Brief
Reproduce the listing in full. Keep every character unchanged.

Dataset extract
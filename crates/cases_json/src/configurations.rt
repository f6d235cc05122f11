//! The configurations of the cases.
use ps_config::{Config, built_in, read_config};
use std::alloc::Global;

/// A data set of two fields with statuses, whose writer tells its versions, and one of a truth value.
const MANY: &str = r#"[publisher]
id = "text:pump-7"
port = 1

[[dataset]]
name = "wide"
quality = true
major = 3
minor = 2
field = [{ name = "t", kind = "Int16" }, { name = "s", kind = "String", cap = 8 }]

[[dataset]]
name = "flag"
field = [{ name = "on", kind = "Boolean" }]

[[group]]
name = "g1"
id = 1
interval = 100
writer = [{ name = "w1", id = 1, dataset = "wide", versions = true }, { name = "w2", id = 258, dataset = "flag" }]
"#;

/// The configuration of this name.
pub fn configuration(alloc: Global, name: &str) -> Option<Config> {
    match name {
        "built-in" => built_in(alloc).ok(),
        "many" => read_config(alloc, MANY.as_bytes()).ok(),
        _ => None,
    }
}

Solution to this task
filename crates/cases_json/src/configurations.rt
repository f6d235cc05122f11
//! The configurations of the cases.
use ps_config::{Config, built_in, read_config};
use std::alloc::Global;

/// A data set of two fields with statuses, whose writer tells its versions, and one of a truth value.
const MANY: &str = r#"[publisher]
id = "text:pump-7"
port = 1

[[dataset]]
name = "wide"
quality = true
major = 3
minor = 2
field = [{ name = "t", kind = "Int16" }, { name = "s", kind = "String", cap = 8 }]

[[dataset]]
name = "flag"
field = [{ name = "on", kind = "Boolean" }]

[[group]]
name = "g1"
id = 1
interval = 100
writer = [{ name = "w1", id = 1, dataset = "wide", versions = true }, { name = "w2", id = 258, dataset = "flag" }]
"#;

/// The configuration of this name.
pub fn configuration(alloc: Global, name: &str) -> Option<Config> {
    match name {
        "built-in" => built_in(alloc).ok(),
        "many" => read_config(alloc, MANY.as_bytes()).ok(),
        _ => None,
    }
}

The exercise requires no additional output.